▸ Exercise prompt
Output only the stretch of the listing that starts at the line containing "result ≡ record" and ends at the line containing "bytes and entries).", reproduced exactly with both ends.

▸ Materials provided

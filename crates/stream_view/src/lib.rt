//! Shows a migration stream as lines that a person can read.
//!
//! [`view`] is the whole program but for its ends: the words that it was called with, a source of bytes and a sink.
//! Its contract is the theorem of the program.
#![tactic(auto)]

mod form;
mod lines;
mod show;
mod status;

ghost use Rattle.std.specs.Prelude.{◌≡◌, ◌⊎◌, ◌↔◌, ◌<◌, None, IsSome, IfSome, IsTrue, List, ℕ, map, length, string_bytes};
ghost use Rattle.std.specs.Io.KnownBytes.{Appends, Keeps, IsAtEnd};
ghost use Rattle.xs_base.specs.Faults.{NeverFalls, Rose};
ghost use Rattle.stream_model.specs.declared.fault.StreamFault.{StreamFault as Fault};
ghost use Rattle.program_io.specs.Ends.{AppendsFront, input_limit};
ghost use Rattle.stream_view.specs.Shown.{form_of, Shows, IsNoHex, IsNoStream};
ghost use Rattle.stream_view.specs.Statuses.{is_before_lines};

use crate::form::{FormFault, bytes_given, form_of};
use crate::show::{ShowFault, write_lines};
use mig_records::Reader;
use program_io::{InputFault, read_all};
pub use status::ViewStatus;
use std::alloc::Global;
use xs_base::{Sink, Source};

/// Runs the program by its words, which do not include its name. The forms are `raw`, where the source is a
/// migration stream, and `hex`, where it is one in hexadecimal digits, with spaces and line feeds between them. What
/// is written is a line for the stream's header and one for each of its records.
///
/// Where a source or a sink does not tell its bytes, nothing is said of them.
pub fn view<S: Source, K: Sink>(
    alloc: Global,
    words: &[String],
    src: &mut S,
    out: &mut K,
) -> ViewStatus
    // The source was read to its end, it gave a stream, and the lines of that stream were written.
    ensures done { result ≡ ViewStatus.Done → IfSome (S.left src.old) (λ input. (lines : List ℕ)
        × Shows (map string_bytes words.now) input lines × Appends (K.written out.old) (K.written out.new) lines) }
    ensures done_at_end { result ≡ ViewStatus.Done → IsAtEnd (S.left src.new) }

    // When each other status comes; want of memory is free.
    ensures usage { (result ≡ ViewStatus.Usage) ↔ (form_of (map string_bytes words.now) ≡ None) }
    ensures too_long { result ≡ ViewStatus.TooLong → IfSome (S.left src.old) (λ input. input_limit < length input) }
    ensures read_fault { result ≡ ViewStatus.ReadFault → Rose (S.faults src.old) (S.faults src.new) }
    ensures hex { result ≡ ViewStatus.Hex → IfSome (S.left src.old) (IsNoHex (map string_bytes words.now)) }
    ensures stream { (fault : Fault) → result ≡ ViewStatus.Stream fault
        → IfSome (S.left src.old) (λ input. IsNoStream (map string_bytes words.now) input fault) }
    ensures write_fault { result ≡ ViewStatus.WriteFault → Rose (K.faults out.old) (K.faults out.new) }
    ensures write_fault_of_stream { result ≡ ViewStatus.WriteFault → IfSome (S.left src.old) (λ input. (lines : List ℕ)
        × Shows (map string_bytes words.now) input lines) }

    // What was written, whatever the status: a front of the lines, and nothing where the input was at fault.
    ensures front { IfSome (S.left src.old) (λ input. (lines : List ℕ) → Shows (map string_bytes words.now) input lines
        → AppendsFront (K.written out.old) (K.written out.new) lines) }
    ensures nothing { IsTrue (is_before_lines result) → Keeps (K.written out.old) (K.written out.new) }

    // Where the input has no lines nothing was written, whatever the status.
    ensures no_lines { IfSome (S.left src.old) (λ input. ((lines : List ℕ) → Shows (map string_bytes words.now) input lines → ⊥)
        → Keeps (K.written out.old) (K.written out.new)) }

    // A stream, and ends that did not fail, give Done or want of memory.
    ensures complete { IsSome (S.left src.old) → IfSome (S.left src.old) (λ input. (lines : List ℕ)
        × Shows (map string_bytes words.now) input lines) → (Rose (S.faults src.old) (S.faults src.new) → ⊥)
        → (Rose (K.faults out.old) (K.faults out.new) → ⊥) → (result ≡ ViewStatus.Done) ⊎ (result ≡ ViewStatus.NoMemory) }

    ensures source_counts { NeverFalls (S.faults src.old) (S.faults src.new) }
    ensures sink_counts { NeverFalls (K.faults out.old) (K.faults out.new) }
{
    let Some(form) = form_of(words) else {
        return ViewStatus::Usage;
    };
    let input = match read_all(alloc, src) {
        Ok(input) => input,
        Err(InputFault::TooLong) => return ViewStatus::TooLong,
        Err(InputFault::ReadFault) => return ViewStatus::ReadFault,
        Err(InputFault::NoMemory) => return ViewStatus::NoMemory,
    };
    let bytes = match bytes_given(alloc, form, input) {
        Ok(bytes) => bytes,
        Err(FormFault::NotSpelled) => return ViewStatus::Hex,
        Err(FormFault::NoMemory) => return ViewStatus::NoMemory,
    };
    let reader = match Reader::new(bytes.as_slice()) {
        Ok(reader) => reader,
        Err(fault) => return ViewStatus::Stream(fault),
    };
    match write_lines(alloc, reader, out) {
        Ok(()) => ViewStatus::Done,
        Err(ShowFault::WriteFault) => ViewStatus::WriteFault,
        Err(ShowFault::NoMemory) => ViewStatus::NoMemory,
    }
}
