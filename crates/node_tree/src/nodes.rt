//! Nodes.

ghost use Rattle.std.specs.Prelude.{◌≡◌, [], IfOk};
ghost use Rattle.xs_model.specs.Perms.{new_root_perms};

use std::alloc::Global;
use std::marker::Model;
use xs_base::{Bytes, NoMemory};
use xs_perms::{Letter, Perm, Perms};

/// A node: its value and its permission entries, of which a node of a tree has one or more.
#[derive(Debug, Drop)]
pub struct Node {
    pub value: Bytes,
    pub perms: Perms,
}

impl Model for Node {
    ghost use Rattle.xs_model.specs.Trees.{Node};

    ghost Value = { Node };

    ghost view = { λ n. record { value = n.value; perms = n.perms } };
}

impl Node {
    /// The node that has this value and these entries.
    pub fn new(value: Bytes, perms: Perms) -> Node
        ensures { result ≡ record { value = value; perms = perms } }
    {
        Node { value, perms }
    }

    /// The node `/` of a new store: an empty value, and one entry by which domain 0 alone may read or write it.
    pub fn root(alloc: Global) -> Result<Node, NoMemory>
        ensures { IfOk result (λ node. node ≡ record { value = []; perms = new_root_perms }) }
    {
        let mut perms = Perms::new(alloc);
        perms.push(Perm {
            letter: Letter::N,
            stale: false,
            domid: 0,
        })?;
        Ok(Node::new(Bytes::new(alloc), perms))
    }

    /// A second node like this one. Costs O(its bytes and entries).
    pub fn copy(&self, alloc: Global) -> Result<Node, NoMemory>
        ensures { IfOk result (λ node. node ≡ self.now) }
    {
        let value = Bytes::copy(alloc, self.value.as_slice())?;
        let perms = self.perms.copy()?;
        Ok(Node { value, perms })
    }
}
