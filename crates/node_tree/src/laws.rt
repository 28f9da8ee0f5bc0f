//! Laws over the definitions of trees and of their numbers. Each is the contract of a function that does nothing.

ghost use Rattle.std.specs.Prelude.{◌≡◌, true, false, List, [], ◌∷◌, Some, None};
ghost use Rattle.std.specs.FinMap.{is_sorted};
ghost use Rattle.path_map.specs.Marks.{paths};
ghost use Rattle.xs_model.specs.Paths.{Path, path_cmp};
ghost use Rattle.xs_model.specs.Requests.{is_root};
ghost use Rattle.xs_model.specs.Trees.{Tree, Node, Edit, IsTree, children, edited_at, edited, edit_paths, new_tree, has_entry};
ghost use Rattle.xs_model.specs.Changes.{changed_paths};
ghost use Rattle.xs_model.specs.Generations.{Generations, greatest, next_generation, stamped};
ghost use Rattle.node_tree.specs.KeptTree.{has_parent};
ghost use Rattle.node_tree.specs.Numbers.{renumbered, restamped, HaveSame};

/// The tree of a new store is one.
pub fn new_tree_is_tree()
    ensures { IsTree new_tree }
{}

/// A tree in which a path gets a node, below a parent that is there, is a tree.
pub fn set_keeps_tree()
    ensures { (tree : Tree) (p : Path) (node : Node) → IsTree tree → has_parent tree p ≡ true
        → has_entry node.perms ≡ true → IsTree (edited_at tree p (Some node)) }
{}

/// A tree from which a node without children is taken, but not `/`, is a tree.
pub fn remove_keeps_tree()
    ensures { (tree : Tree) (p : Path) → IsTree tree → is_root p ≡ false → children tree p ≡ []
        → IsTree (edited_at tree p None) }
{}

/// Where edits were made of a tree whose counter is its greatest number, and the paths that they changed were stamped,
/// the numbers are those of the definitions. Each list of paths may have them in any order, and more than once.
pub fn edits_and_stamp_are_stamped()
    ensures { (before : Tree) (gens : Generations) (edits : List Edit) (p : Path) (ps changed : List Path)
        → is_sorted path_cmp before ≡ true → paths gens ≡ paths before
        → HaveSame (p ∷ ps) (edit_paths edits) → HaveSame changed (changed_paths before (p ∷ ps) (edited before edits))
        → restamped changed (next_generation (greatest gens)) (renumbered gens edits) ≡ stamped gens before (p ∷ ps) (edited before edits) }
{}
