//! The line of each record.

ghost use Rattle.std.specs.Prelude.{◌≡◌, ◌++◌, ◌≤◌, ◌∷◌, [], length, drop, codes, OnOk, decimal};
ghost use Rattle.std.specs.Fmt.{signed_decimal};
ghost use Rattle.std.specs.List.{flat_map};
ghost use Rattle.stream_model.specs.View.{field, hex_or_dash, entry_text, entries_text, kind_text, kind_words, fields_text, record_line};
ghost use Rattle.mig_records.specs.RecordView.{record_of};

use mig_records::fields::{u16_at, u32_at};
use mig_records::{RawPerm, RawPerms, Record};
use xs_base::{Bytes, NoMemory, push_decimal, push_hex};

fn push_number(line: &mut Bytes, words: &[u8], number: u64) -> Result<(), NoMemory>
    ensures { OnOk result (line.new ≡ line.old ++ field words.now (decimal number)) }
{
    line.push(words)?;
    push_decimal(line, number)
}

fn push_signed(line: &mut Bytes, words: &[u8], number: i32) -> Result<(), NoMemory>
    ensures { OnOk result (line.new ≡ line.old ++ field words.now (signed_decimal number)) }
{
    line.push(words)?;
    if number < 0 {
        line.push(b"-")?;
    }
    push_decimal(line, u64::from(number.unsigned_abs()))
}

fn push_bytes(line: &mut Bytes, words: &[u8], bytes: &[u8]) -> Result<(), NoMemory>
    ensures { OnOk result (line.new ≡ line.old ++ field words.now (hex_or_dash bytes.now)) }
{
    line.push(words)?;
    if bytes.is_empty() {
        line.push(b"-")
    } else {
        push_hex(line, bytes)
    }
}

fn push_entry(line: &mut Bytes, entry: RawPerm) -> Result<(), NoMemory>
    ensures { OnOk result (line.new ≡ line.old ++ entry_text entry) }
{
    push_hex(line, &[entry.letter])?;
    line.push(b".")?;
    push_hex(line, &[entry.flags])?;
    push_number(line, b".", u64::from(entry.domid))
}

fn push_entries(line: &mut Bytes, words: &[u8], perms: &RawPerms) -> Result<(), NoMemory>
    ensures { OnOk result (line.new ≡ line.old ++ field words.now (entries_text perms.now)) }
{
    line.push(words)?;
    match perms.as_slice().split_first() {
        None => line.push(b"-"),
        Some((first, others)) => {
            push_entry(line, *first)?;
            push_others(line, others)
        }
    }
}

// The entries behind the first, a comma before each.
fn push_others(line: &mut Bytes, entries: &[RawPerm]) -> Result<(), NoMemory>
    ensures { OnOk result (line.new ≡ line.old ++ flat_map (λ q. field (codes ",") (entry_text q)) entries.now) }
{
    for entry in entries {
        line.push(b",")?;
        push_entry(line, *entry)?;
    }
    Ok(())
}

fn push_kind(line: &mut Bytes, kind: u16, spec: &[u8; 8]) -> Result<(), NoMemory>
    ensures { OnOk result (line.new ≡ line.old ++ kind_text kind spec.now) }
{
    match kind {
        0 => {
            push_number(line, b" ring ", u64::from(u16_at(spec, 0)))?;
            push_number(line, b" target ", u64::from(u16_at(spec, 2)))?;
            push_number(line, b" evtchn ", u64::from(u32_at(spec, 4)))
        }
        1 => push_number(line, b" socket ", u64::from(u32_at(spec, 0))),
        _ => push_number(line, b" type ", u64::from(kind)),
    }
}

fn kind_words(item: &Record) -> &'static [u8]
    ensures { result.now ≡ kind_words (record_of item.now) }
{
    match item {
        Record::Global { .. } => b" global rw-socket-fd ",
        Record::Connection { .. } => b" connection ",
        Record::Watch { .. } => b" watch ",
        Record::Transaction { .. } => b" transaction ",
        Record::Node { .. } => b" node conn ",
        Record::End => b" end",
    }
}

fn push_globals(line: &mut Bytes, rw_socket_fd: i32, evtchn_fd: i32) -> Result<(), NoMemory>
    ensures { OnOk result (line.new
        ≡ line.old ++ (signed_decimal rw_socket_fd ++ field (codes " evtchn-fd ") (signed_decimal evtchn_fd))) }
{
    push_signed(line, b"", rw_socket_fd)?;
    push_signed(line, b" evtchn-fd ", evtchn_fd)
}

// What the line of a record says of its fields, behind the words of its kind.
fn push_fields(line: &mut Bytes, item: &Record) -> Result<(), NoMemory>
    ensures { OnOk result (line.new ≡ line.old ++ fields_text (record_of item.now)) }
{
    match item {
        Record::End => Ok(()),
        Record::Global {
            rw_socket_fd,
            evtchn_fd,
        } => push_globals(line, *rw_socket_fd, *evtchn_fd),
        Record::Connection {
            conn,
            kind,
            spec,
            rest,
            inbox,
            unsent,
        } => {
            push_number(line, b"", u64::from(*conn))?;
            push_kind(line, *kind, spec)?;
            push_bytes(line, b" in ", inbox.as_slice())?;
            push_number(line, b" resp ", u64::from(*rest))?;
            push_bytes(line, b" out ", unsent.as_slice())
        }
        Record::Watch { conn, wpath, token } => {
            push_number(line, b"", u64::from(*conn))?;
            push_bytes(line, b" wpath ", wpath.as_slice())?;
            push_bytes(line, b" token ", token.as_slice())
        }
        Record::Transaction { conn, tx, .. } => {
            push_number(line, b"", u64::from(*conn))?;
            push_number(line, b" ", u64::from(*tx))
        }
        Record::Node {
            conn,
            tx,
            access,
            perms,
            path,
            value,
        } => {
            push_number(line, b"", u64::from(*conn))?;
            push_number(line, b" tx ", u64::from(*tx))?;
            push_number(line, b" access ", u64::from(*access))?;
            push_entries(line, b" perms ", perms)?;
            push_bytes(line, b" path ", path.as_slice())?;
            push_bytes(line, b" value ", value.as_slice())
        }
    }
}

/// Appends the line of a record that stands at this place. O(length of the line).
pub fn push_line(line: &mut Bytes, at: usize, item: &Record) -> Result<(), NoMemory>
    ensures { OnOk result (line.new ≡ line.old ++ record_line at (record_of item.now)) }
{
    push_decimal(line, at as u64)?;
    line.push(kind_words(item))?;
    push_fields(line, item)?;
    line.push(b"\n")
}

▸ Expected answer
        ensures { result ≡ record { value = value; perms = perms } }
    {
        Node { value, perms }
    }

    /// The node `/` of a new store: an empty value, and one entry by which domain 0 alone may read or write it.
    pub fn root(alloc: Global) -> Result<Node, NoMemory>
        ensures { IfOk result (λ node. node ≡ record { value = []; perms = new_root_perms }) }
    {
        let mut perms = Perms::new(alloc);
        perms.push(Perm {
            letter: Letter::N,
            stale: false,
            domid: 0,
        })?;
        Ok(Node::new(Bytes::new(alloc), perms))
    }

    /// A second node like this one. Costs O(its bytes and entries).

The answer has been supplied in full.